(Saved entries)
□ □ □ □ □

//! Failures of a server.
ghost use Rattle.std.specs.Prelude.{◌≡◌};
ghost use Rattle.blocks.specs.declared.refusal.Refusal.{Refusal};
ghost use Rattle.blocks.specs.declared.refusal.Refusal.TheVariants as refusal;
ghost use Rattle.program_values.specs.Statuses.{status_of};
ghost use Rattle.program_values.specs.declared.status.SessionStatus.TheVariants as status;
ghost use Rattle.served_images.specs.declared.fault.ServeFault.TheVariants.{Refused, Unbound};

use blocks::{BLOCK_BYTES, MAX_DEVICE_BLOCKS, Refusal};
use client_socket::ListenFault;
use image_metadata::{MetadataFault, MetadataFileFault};
use image_store::OpenFault;
use program_values::SessionStatus;
use std::{fmt, io};

/// Why a server could not start, or failed.
#[derive(Drop)]
pub enum ServeFault<'a> {
    /// The image could not be opened.
    Unopened(&'a str, OpenFault),
    /// No device has as many bytes as the image.
    NoDevice(&'a str),
    /// Nothing can listen at the address.
    Unbound(ListenFault),
    /// The session was refused, or there was no memory (7).
    Refused(Refusal),
    /// The system gave no thread.
    Unthreaded,
    /// The disks differ on this many blocks without a mark.
    Unmarked(u32),
    /// The disks could not be compared, since one failed a read.
    Unread,
    /// This many blocks are still marked, so the peer's image may not have them.
    Marked(u32),
    /// The image was replaced, or its length changed, while it was served.
    Changed(&'a str),
    /// A write to the image failed, and a part of it may still be there.
    Torn(&'a str),
    /// A sync of the image has failed, now or at a flush.
    Unsynced(&'a str, io::Error),
    /// The output could not be written.
    Unwritten(io::Error),
    /// The metadata file of the image could not be opened or locked.
    Metadata(&'a str, MetadataFileFault),
    /// The image is a block device, and no file for its metadata is named.
    UnnamedMetadata(&'a str),
    /// The metadata of the images could not be read or made.
    UnmadeMetadata(&'a str, MetadataFault),
    /// The images are given the wrong way round.
    WrongWayRound(&'a str, &'a str),
    /// The image's size and time of change could not be read.
    UnreadState(&'a str, io::Error),
    /// The system gave no random bytes.
    NoRandomBytes(io::Error),
    /// A metadata file could not be written while the images were served, or at the end.
    BrokenMetadata,
}

impl ServeFault<'_> {
    /// Returns how the session ends with it.
    pub fn status(&self) -> SessionStatus
        ensures done { result ≡ status.Done → ⊥ }
        ensures refused { (refusal : Refusal) → self.now ≡ Refused refusal → result ≡ status_of refusal }
    {
        match self {
            ServeFault::Refused(refusal) => SessionStatus::of(*refusal),
            ServeFault::WrongWayRound(..) => SessionStatus::Refused,
            _ => SessionStatus::Failed,
        }
    }
}

impl fmt::Display for ServeFault<'_> {
    fn fmt<W: fmt::Write>(&self, f: &mut fmt::Formatter<W>) -> fmt::Result {
        match self {
            ServeFault::Unopened(file, fault) => write!(f, "{file}: {fault}"),
            ServeFault::NoDevice(file) => write!(
                f,
                "{file}: an image has 1 to {MAX_DEVICE_BLOCKS} blocks of {BLOCK_BYTES} bytes"
            ),
            ServeFault::Unbound(fault) => write!(f, "{fault}"),
            ServeFault::Refused(refusal) => write!(f, "refused {}: {refusal}", refusal.number()),
            ServeFault::Unthreaded => f.write_str("a thread could not be started"),
            ServeFault::Unmarked(count) => write!(
                f,
                "{count} blocks differ without a mark: keep both images; they were not alike at a start with --first assume-equal, or this is a fault of this program"
            ),
            ServeFault::Unread => {
                f.write_str("the images could not be compared: a read of one of them failed")
            }
            ServeFault::Marked(count) => write!(
                f,
                "{count} blocks could not be copied: the peer's image is not like the local one"
            ),
            ServeFault::Changed(file) => write!(
                f,
                "{file} was replaced, or its length changed, while it was served"
            ),
            ServeFault::Torn(file) => write!(
                f,
                "{file} may have kept parts of a write that failed: it may differ from what was served"
            ),
            ServeFault::Unsynced(file, error) => write!(
                f,
                "{file} could not be put on stable storage, and may lack what was written to it: {error}"
            ),
            ServeFault::Unwritten(error) => write!(f, "the output could not be written: {error}"),
            ServeFault::Metadata(image, fault) => write!(f, "{image}: {fault}"),
            ServeFault::UnnamedMetadata(image) => write!(
                f,
                "{image} is a block device: name a file for its metadata by --local-metadata or --peer-metadata"
            ),
            ServeFault::UnmadeMetadata(image, fault) => {
                write!(
                    f,
                    "{image}: the metadata could not be read or made: {fault}"
                )
            }
            ServeFault::WrongWayRound(local, peer) => write!(
                f,
                "{peer} was the local image, and {local} the peer's: give --local {peer} --peer {local}, or remove both metadata files to begin anew"
            ),
            ServeFault::UnreadState(image, error) => {
                write!(f, "{image} could not be looked at: {error}")
            }
            ServeFault::NoRandomBytes(error) => {
                write!(f, "the system gives no random bytes: {error}")
            }
            ServeFault::BrokenMetadata => f.write_str(
                "a metadata file could not be written: the next start copies what it still has, or all of the local image",
            ),
        }
    }
}

impl<'a> From<ListenFault> for ServeFault<'a> {
    fn from(fault: ListenFault) -> ServeFault<'a>
        ensures { result ≡ Unbound fault }
    {
        ServeFault::Unbound(fault)
    }
}

impl<'a> From<Refusal> for ServeFault<'a> {
    fn from(refusal: Refusal) -> ServeFault<'a>
        ensures { result ≡ Refused refusal }
    {
        ServeFault::Refused(refusal)
    }
}

/// Returns why the sessions of a server failed, or a dry run. They read for themselves in the comparison before the first session alone.
pub fn fault_of_comparison<'a>(refusal: Refusal) -> ServeFault<'a> {
    match refusal {
        Refusal::ReadFault => ServeFault::Unread,
        refusal => ServeFault::Refused(refusal),
    }
}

□ □ □ □ □

Task. Sift through the entries and copy every line with "Torn".

Output for this exercise.
    Torn(&'a str),
            ServeFault::Torn(file) => write!(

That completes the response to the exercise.